- Born: c. 1925 (age c. 99) Liberia
- Occupation: Teacher
- Known for: Hymn: 'Come, Let Us Eat'

= Billema Kwillia =

Literacy teacher, evangelist, and hymn writer

Billema Kwillia, or Belema Kwelea, or Belema Kollia (born c. 1925) is a teacher and composer from Liberia. She composed the hymn "A va de laa" which was translated to English from Loma as "Come, Let Us Eat", and features in several modern hymnals.

== Biography ==
Kwillia was born around 1925 in Liberia. Little is known about her early life, other than she was taught to read Loma through a literacy programme funded by a missionary church. She converted to Christianity and became an evangelist, as well as working as a teacher.

Her most widely known work is the hymn "Come, Let Us Eat", which was originally written in Loma in the 1960s and was recorded by Margaret Miller. Miller was an American missionary who worked at the Lutheran Literacy Centre in Wozi. She transcribed the Loma original "A va de laa" from a recording of a church service held in 1969. The song's structure is based on Liberian traditional "call and response" music. According to S T Kimbrough Jr. and Daniel W. Sopo, Kwillia had composed several hymns in Loma which were used by the Lutheran church there, of which Sopo had a list of seven.
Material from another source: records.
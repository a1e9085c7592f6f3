//! LIMIT and OFFSET.
ghost use Rattle.std.specs.Prelude.{◌≡◌, ◌≢◌, ◌∷◌, [], IsFalse, IsTrue, List, Some};
ghost use Rattle.values.specs.Row.{Row};
ghost use Rattle.semantics.specs.Answer.{limited, skipped};
ghost use Rattle.operators_results.specs.Slices.{sliced};

/// How many rows are still passed over, and how many are given behind them. (SELECT, "The LIMIT clause")
#[derive(Clone, Copy, Debug)]
pub struct LimitOffset {
    skip: u64,
    left: Option<u64>,
}

impl LimitOffset {
    /// What LIMIT and OFFSET leave: a negative LIMIT is none, and a negative OFFSET is 0.
    pub fn new(limit: Option<i64>, offset: i64) -> LimitOffset
        ensures { (rows : List Row) → sliced result rows ≡ limited limit (skipped offset rows) }
    {
        let left = match limit {
            Some(limit) if limit >= 0 => Some(limit as u64),
            _ => None,
        };
        let skip = if offset < 0 { 0 } else { offset as u64 };
        LimitOffset { skip, left }
    }

    /// Whether no further row is given, whatever comes.
    pub fn is_done(&self) -> bool
        ensures done { IsTrue result → (rows : List Row) → sliced self.now rows ≡ [] }
        ensures more { IsFalse result → self.now.left ≢ Some 0 }
    {
        self.left == Some(0)
    }

    /// Goes on behind the next row, and tells whether that is given.
    pub fn gives(&mut self) -> bool
        ensures given { IsTrue result → (row : Row) (rows : List Row) → sliced self.old (row ∷ rows) ≡ row ∷ sliced self.new rows }
        ensures passed { IsFalse result → (row : Row) (rows : List Row) → sliced self.old (row ∷ rows) ≡ sliced self.new rows }
    {
        if self.skip > 0 {
            self.skip -= 1;
            return false;
        }
        match self.left {
            None => true,
            Some(0) => false,
            Some(left) => {
                self.left = Some(left - 1);
                true
            }
        }
    }
}
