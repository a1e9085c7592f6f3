//! The table that a CREATE TABLE makes, with its keys. It promises that `table_from` answers only with the
//! table that the text says, and none only where it makes none; that a row of the schema says one table at
//! most; that `keys_of` gives all keys that the text declares, and `automatic_indexes` exactly the indexes
//! that SQLite makes for them. Names and collations are compared here for the crates above too. A text makes a
//! table that is STRICT, with columns of the types INT, INTEGER, TEXT and BLOB, at most one PRIMARY KEY, no
//! two keys of the same columns, and without DESC, AUTOINCREMENT, and a collation other than BINARY; WITHOUT
//! ROWID, PRIMARY KEY is its only key, and the rows are found by it.
//!
//! The modules, in the order in which data passes them: `declared_keys` (the keys that a CREATE TABLE
//! declares), `served` (constraints and options of a table), `keys` (which keys a table may have, the column
//! that is the rowid, and the positions of the PRIMARY KEY), `missing` (what rows that are older than a
//! column have in it), `types` (of columns), `created` (the table of a text), `laws`, and `table_keys` (the
//! indexes that SQLite makes for the keys of a table).
#![tactic(auto)]

mod created;
mod declared_keys;
mod keys;
pub mod laws;
mod missing;
mod served;
pub mod table_keys;
mod types;

pub use created::{is_same_name, table_from};
pub use declared_keys::keys_of;
pub use served::{is_binary, is_rowless};
pub use table_keys::{AutomaticIndex, automatic_indexes};
pub use types::is_integer;
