//! The rows of a SELECT or of a compound: its result columns on each row that its plan gives, each once for
//! DISTINCT, put in order by ORDER BY, and of these as many as LIMIT and OFFSET leave. It promises that the
//! rows are a list that the query permits, for any value substituted for an overflow; that `Overflow` is
//! returned only where the plan, a result column or an expression of ORDER BY reaches one; and that no more
//! pages are asked for than the plan's work, and where rows are given one by one, in no order, none after the
//! last row that LIMIT leaves.
//!
//! The modules, in the order in which data passes them: `columns` (result columns on a row), `limits` (LIMIT
//! and OFFSET), `stream` (the rows of a SELECT in no order), `laws`, `distinct_results` (those of a SELECT
//! DISTINCT in no order), `compound_results` (those of SELECTs that UNION, UNION ALL, INTERSECT and EXCEPT
//! combine) and `sorted_results` (those of an answer that are gathered, as with ORDER BY).
#![tactic(auto)]

mod columns;
mod compound_results;
mod distinct_results;
pub mod laws;
mod limits;
mod sorted_results;
mod stream;

pub use columns::project;
pub use compound_results::{ChainedResults, are_all};
pub use distinct_results::DistinctResults;
pub use limits::LimitOffset;
pub use sorted_results::gathered_rows;
pub use stream::Results;
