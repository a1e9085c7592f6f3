//! What a fault carries beside its name.
ghost use Rattle.std.specs.Prelude.{◌≡◌};
ghost use Rattle.values.specs.Datum.{datum_of_ref};
ghost use Rattle.opened_images.specs.Detail.{detail_of};

use values::{Fault, ValueRef};

/// The page, the place or the name that a fault carries, or none. A place past the last of an `i64` counts as that.
pub fn detail(fault: &Fault) -> ValueRef<'_>
    ensures { datum_of_ref result ≡ detail_of fault.now }
{
    match fault {
        Fault::BadPage(page)
        | Fault::BadChain(page)
        | Fault::PageUse(page)
        | Fault::BadOrder(page)
        | Fault::BadDepth(page)
        | Fault::BadRecord(page) => ValueRef::Int(i64::from(*page)),
        Fault::SchemaText(name)
        | Fault::UnsupportedObject(name)
        | Fault::ValueBreaksColumn(name)
        | Fault::IndexDiffers(name)
        | Fault::NotUnique(name) => ValueRef::Text(name.as_str()),
        Fault::Syntax(place) => {
            let last = (*place).min(i64::MAX as usize);
            ValueRef::Int(last as i64)
        }
        _ => ValueRef::Null,
    }
}
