//! The table that a CREATE TABLE makes.
ghost use Rattle.std.specs.Prelude.{◌≡◌, ◌↔◌, All, Contains, IfNone, IfOk, IfSome, IsTrue, List, map};
ghost use Rattle.std.specs.List.{AllZip, Any};
ghost use Rattle.sql_reader_grammar.specs.create_trees.CreateTrees.{ConstraintTree};
ghost use Rattle.sql_reader_grammar.specs.create_trees.CreateView.{column_of, constraint_of, table_of};
ghost use Rattle.schema_keys.specs.declared_keys.KeyView.{key_data};
ghost use Rattle.schema_keys.specs.Created as spec;
ghost use Rattle.schema_keys.specs.Created.{IsColumn, IsNotNull, IsServedConstraint, IsTable};
ghost use Rattle.schema_keys.specs.Names.{AreDistinct, IsReservedName, IsSameName};
ghost use Rattle.schema_tables.specs.TableData.{ColumnData, TableData};

use crate::declared_keys::{Key, keys_of};
use crate::keys::{are_keys, is_in_primary, is_rowid, row_key};
use crate::missing::missing_by;
use crate::served::{are_options, constraints_are_served};
use crate::types::type_of;
use schema_tables::{Column, Table};
use sql_reader_grammar::{
    Column as ColumnDefinition, ColumnConstraint, CreateTable, KeyOrder, TableOption,
};
use std::alloc::{AllocError, Global};

/// What the name of an object begins with that only SQLite makes.
const RESERVED: &[u8] = b"sqlite_";

/// Whether a name is one that only SQLite gives.
fn is_reserved(name: &str) -> bool
    ensures { IsTrue result ↔ IsReservedName name.now }
{
    match name.as_bytes().get(..RESERVED.len()) {
        Some(front) => front.eq_ignore_ascii_case(RESERVED),
        None => false,
    }
}

/// Whether two names differ in the case of ASCII letters alone.
pub fn is_same_name(a: &str, b: &str) -> bool
    ensures { IsTrue result ↔ IsSameName a.now b.now }
{
    a.eq_ignore_ascii_case(b)
}

/// Whether one of the columns has this name.
pub(crate) fn is_named(columns: &[ColumnDefinition], name: &str) -> bool
    ensures { IsTrue result ↔ Any (λ c. IsSameName (column_of c).name name.now) columns.now }
{
    columns
        .iter()
        .any(|column| is_same_name(column.name.as_str(), name))
}

/// Whether no two columns have one name.
fn are_distinct(columns: &[ColumnDefinition]) -> bool
    ensures { IsTrue result ↔ AreDistinct (map (λ c. (column_of c).name) columns.now) }
{
    for (place, column) in columns.iter().enumerate() {
        if is_named(&columns[..place], column.name.as_str()) {
            return false;
        }
    }
    true
}

/// Whether a constraint has no order but that of values. (CREATE TABLE)
fn is_served(constraint: &ColumnConstraint) -> bool
    ensures { IsTrue result ↔ IsServedConstraint (constraint_of constraint.now) }
{
    match constraint {
        ColumnConstraint::PrimaryKey(order, automatic) => {
            *order == KeyOrder::Ascending && !*automatic
        }
        ColumnConstraint::Collate(name) => is_same_name(name.as_str(), "BINARY"),
        ColumnConstraint::NotNull
        | ColumnConstraint::Unique
        | ColumnConstraint::Check
        | ColumnConstraint::Default(_)
        | ColumnConstraint::References => true,
    }
}

/// Whether each of these constraints does.
fn are_served(constraints: &[ColumnConstraint]) -> bool
    ensures { IsTrue result ↔ All (λ c. IsServedConstraint (constraint_of c)) constraints.now }
{
    constraints.iter().all(|constraint| is_served(constraint))
}

/// Whether each constraint of these columns does.
fn columns_are_served(columns: &[ColumnDefinition]) -> bool
    ensures { IsTrue result ↔ All (λ c. All (λ x. IsServedConstraint (constraint_of x)) c.constraints.items) columns.now }
{
    columns
        .iter()
        .all(|column| are_served(column.constraints.as_slice()))
}

/// Whether a constraint is NOT NULL.
fn demands_value(constraint: &ColumnConstraint) -> bool
    ensures { result ≡ spec.is_not_null (constraint_of constraint.now) }
{
    matches!(constraint, ColumnConstraint::NotNull)
}

/// Whether NOT NULL is one of a column's constraints.
fn is_declared_not_null(column: &ColumnDefinition) -> bool
    ensures { IsTrue result ↔ Contains (column_of column.now).constraints ConstraintTree.NotNull }
{
    column
        .constraints
        .iter()
        .any(|constraint| demands_value(constraint))
}

/// Whether no value of a column may be NULL, in a table of these options and keys. (STRICT Tables; WITHOUT ROWID Tables)
fn is_not_null(options: &[TableOption], keys: &[Key], column: &ColumnDefinition) -> bool
    ensures { IsTrue result ↔ IsNotNull options.now (map key_data keys.now) (column_of column.now) }
{
    is_declared_not_null(column)
        || (is_in_primary(keys, column.name.as_str()) && !is_rowid(options, keys, column))
}

/// The column that a definition declares, in a table of these options and keys; `None` where its type isn't served. (STRICT
/// Tables)
fn column_from(
    options: &[TableOption],
    keys: &[Key],
    definition: ColumnDefinition,
) -> Option<Column>
    ensures found { IfSome result (IsColumn options.now (map key_data keys.now) (column_of definition)) }
    ensures none { IfNone result ((column : ColumnData)
        → ¬ IsColumn options.now (map key_data keys.now) (column_of definition) column) }
{
    let not_null = is_not_null(options, keys, &definition);
    let ColumnDefinition {
        name,
        ty,
        constraints,
    } = definition;
    let ty = type_of(&ty)?;
    let missing = missing_by(constraints);
    Some(Column::new(name, ty, not_null, missing))
}

/// The columns that the definitions declare, in a table of these options and keys; `None` where a type isn't served. (STRICT
/// Tables)
fn columns_from(
    alloc: Global,
    options: &[TableOption],
    keys: &[Key],
    definitions: Vec<ColumnDefinition>,
) -> Result<Option<Vec<Column>>, AllocError>
    ensures made { IfOk result (λ made. IfSome made (λ columns. AllZip (IsColumn options.now (map key_data keys.now))
        (map column_of definitions.items) columns.items)) }
    ensures none { IfOk result (λ made. IfNone made ((columns : List ColumnData)
        → ¬ AllZip (IsColumn options.now (map key_data keys.now)) (map column_of definitions.items) columns)) }
{
    let mut columns = Vec::with_capacity(alloc, definitions.len())?;
    for definition in definitions {
        let Some(column) = column_from(options, keys, definition) else {
            return Ok(None);
        };
        columns.push(column)?;
    }
    Ok(Some(columns))
}

/// The table that a CREATE TABLE makes, whose tree has this root; `None` where it makes none: its name is reserved, two columns have
/// one name, a type, a constraint or an option isn't served, its keys aren't of its columns, or are two where there may be one, or it
/// has no rowids, and PRIMARY KEY isn't its only key. (CREATE TABLE)
pub fn table_from(
    alloc: Global,
    created: CreateTable,
    root: u32,
) -> Result<Option<Table>, AllocError>
    ensures made { IfOk result (λ made. IfSome made (IsTable (table_of created))) }
    ensures root { IfOk result (λ made. IfSome made (λ table. table.root ≡ root)) }
    ensures none { IfOk result (λ made. IfNone made ((table : TableData) → ¬ IsTable (table_of created) table)) }
{
    let keys = keys_of(alloc, &created)?;
    let CreateTable {
        name,
        columns,
        constraints,
        options,
    } = created;
    if is_reserved(name.as_str()) || !are_distinct(columns.as_slice()) {
        return Ok(None);
    }
    if !columns_are_served(columns.as_slice()) || !are_keys(columns.as_slice(), keys.as_slice()) {
        return Ok(None);
    }
    if !are_options(options.as_slice())
        || !constraints_are_served(columns.as_slice(), constraints.as_slice())
    {
        return Ok(None);
    }
    let (options, keys) = (options.as_slice(), keys.as_slice());
    let Some(key) = row_key(alloc, options, keys, columns.as_slice())? else {
        return Ok(None);
    };
    let Some(columns) = columns_from(alloc, options, keys, columns)? else {
        return Ok(None);
    };
    Ok(Some(Table::new(name, root, columns, key)))
}
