//! The keys that a CREATE TABLE declares. It promises that `keys_of` gives all of them, each with its columns
//! in the key's order, as they are written one after the other; and that `primary_key` gives the PRIMARY KEY.
//!
//! Its one module is `keys` (of a text).
mod keys;

pub use keys::{Key, keys_of, primary_key};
"A va de laa" was first published in 1970 in Laudamus which was a hymnal produced for the international gathering of the Lutheran World Federation in Evian. However it was not translated to English until 2004. It has been arranged by several people, including by John Miller who set it for voices, piano and hand bells.

== Reception ==
The inclusion of Kwillia's works in western hymnals brought to attention the issue that Western notation is not able to capture the nuance of music from non-Western cultures. This can contribute to the Western version having little resemblance to the original. For "Come, Let Us Eat", this hymn is meant to be sung unaccompanied in unison, following Liberian practice; however most often in the west a keyboard instrument leads the tune. Madeline Forell Marshall has noted that it is not just the melody that western music can misunderstand but also the significance of the structure of the lyrics, as well as their content.